Input:
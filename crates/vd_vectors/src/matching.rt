//! The matching operators and the condition operator.

ghost use Rattle.std.specs.Prelude.{◌≡◌, Some, None, Result, Ok, Err};
ghost use Rattle.vd_composites.specs.Answers.{Answers, Ends};
ghost use Rattle.vd_vectors.specs.Logics.{logic_value};
ghost use Rattle.vd_vectors.specs.Matching.{condition as condition_value, match_arrays as arrays_match, match_by_shapes, matches as matches_value, matching};
ghost use Rattle.vd_composites.specs.Answers.{Found};

use crate::lists::match_lists;
use crate::logics::{LogicType, as_logic, as_logics, of_logic, of_truth};
use std::alloc::Global;
use vd_composites::{Value, ValueEnd};
use vd_values::{Logic, StopKind, logic_not};

/// The match of two arrays.
fn match_arrays(
    alloc: Global,
    of: LogicType,
    left: &Value,
    right: &Value,
) -> Result<Logic, ValueEnd>
    ensures { Found result (arrays_match of left.now right.now) }
{
    let l = as_logics(alloc, of, left)?;
    let r = as_logics(alloc, of, right)?;
    if l.len() != r.len() {
        return Err(ValueEnd::Stop(StopKind::Length));
    }
    Ok(match_lists(&l, &r))
}

/// The match of two scalars.
fn match_scalars(of: LogicType, left: &Value, right: &Value) -> Result<Logic, ValueEnd>
    ensures { Found result (match_by_shapes of None None left.now right.now) }
{
    let l = match as_logic(of, left) {
        Ok(l) => l,
        Err(kind) => return Err(ValueEnd::Stop(kind)),
    };
    match as_logic(of, right) {
        Ok(r) => Ok(vd_values::matches(l, r)),
        Err(kind) => Err(ValueEnd::Stop(kind)),
    }
}

/// The match of two values.
fn match_values(
    alloc: Global,
    of: LogicType,
    left: &Value,
    right: &Value,
) -> Result<Logic, ValueEnd>
    ensures { Found result (matching of left.now right.now) }
{
    match (left.bounds(), right.bounds()) {
        (Some(_), Some(_)) => match_arrays(alloc, of, left, right),
        (None, None) => match_scalars(of, left, right),
        _ => Err(ValueEnd::Stop(StopKind::Range)),
    }
}

/// The operator `?=`, and `?/=` where it isn't asked for equality.
pub fn matches(
    alloc: Global,
    equal: bool,
    of: LogicType,
    left: &Value,
    right: &Value,
) -> Result<Value, ValueEnd>
    ensures { Answers result (matches_value equal of left.now right.now) }
{
    let found = match_values(alloc, of, left, right)?;
    let value = if equal { found } else { logic_not(found) };
    of_logic(alloc, of, value)
}

/// The operator `??`.
pub fn condition(alloc: Global, of: LogicType, value: &Value) -> Result<Value, ValueEnd>
    ensures { Answers result (condition_value of value.now) }
{
    match as_logic(of, value) {
        Ok(scalar) => of_truth(alloc, vd_values::condition(scalar)),
        Err(kind) => Err(ValueEnd::Stop(kind)),
    }
}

What needs to be done: Could you retype every line of the data exactly?

Task output:
filename crates/vd_vectors/src/matching.rt
//! The matching operators and the condition operator.

ghost use Rattle.std.specs.Prelude.{◌≡◌, Some, None, Result, Ok, Err};
ghost use Rattle.vd_composites.specs.Answers.{Answers, Ends};
ghost use Rattle.vd_vectors.specs.Logics.{logic_value};
ghost use Rattle.vd_vectors.specs.Matching.{condition as condition_value, match_arrays as arrays_match, match_by_shapes, matches as matches_value, matching};
ghost use Rattle.vd_composites.specs.Answers.{Found};

use crate::lists::match_lists;
use crate::logics::{LogicType, as_logic, as_logics, of_logic, of_truth};
use std::alloc::Global;
use vd_composites::{Value, ValueEnd};
use vd_values::{Logic, StopKind, logic_not};

/// The match of two arrays.
fn match_arrays(
    alloc: Global,
    of: LogicType,
    left: &Value,
    right: &Value,
) -> Result<Logic, ValueEnd>
    ensures { Found result (arrays_match of left.now right.now) }
{
    let l = as_logics(alloc, of, left)?;
    let r = as_logics(alloc, of, right)?;
    if l.len() != r.len() {
        return Err(ValueEnd::Stop(StopKind::Length));
    }
    Ok(match_lists(&l, &r))
}

/// The match of two scalars.
fn match_scalars(of: LogicType, left: &Value, right: &Value) -> Result<Logic, ValueEnd>
    ensures { Found result (match_by_shapes of None None left.now right.now) }
{
    let l = match as_logic(of, left) {
        Ok(l) => l,
        Err(kind) => return Err(ValueEnd::Stop(kind)),
    };
    match as_logic(of, right) {
        Ok(r) => Ok(vd_values::matches(l, r)),
        Err(kind) => Err(ValueEnd::Stop(kind)),
    }
}

/// The match of two values.
fn match_values(
    alloc: Global,
    of: LogicType,
    left: &Value,
    right: &Value,
) -> Result<Logic, ValueEnd>
    ensures { Found result (matching of left.now right.now) }
{
    match (left.bounds(), right.bounds()) {
        (Some(_), Some(_)) => match_arrays(alloc, of, left, right),
        (None, None) => match_scalars(of, left, right),
        _ => Err(ValueEnd::Stop(StopKind::Range)),
    }
}

/// The operator `?=`, and `?/=` where it isn't asked for equality.
pub fn matches(
    alloc: Global,
    equal: bool,
    of: LogicType,
    left: &Value,
    right: &Value,
) -> Result<Value, ValueEnd>
    ensures { Answers result (matches_value equal of left.now right.now) }
{
    let found = match_values(alloc, of, left, right)?;
    let value = if equal { found } else { logic_not(found) };
    of_logic(alloc, of, value)
}

/// The operator `??`.
pub fn condition(alloc: Global, of: LogicType, value: &Value) -> Result<Value, ValueEnd>
    ensures { Answers result (condition_value of value.now) }
{
    match as_logic(of, value) {
        Ok(scalar) => of_truth(alloc, vd_values::condition(scalar)),
        Err(kind) => Err(ValueEnd::Stop(kind)),
    }
}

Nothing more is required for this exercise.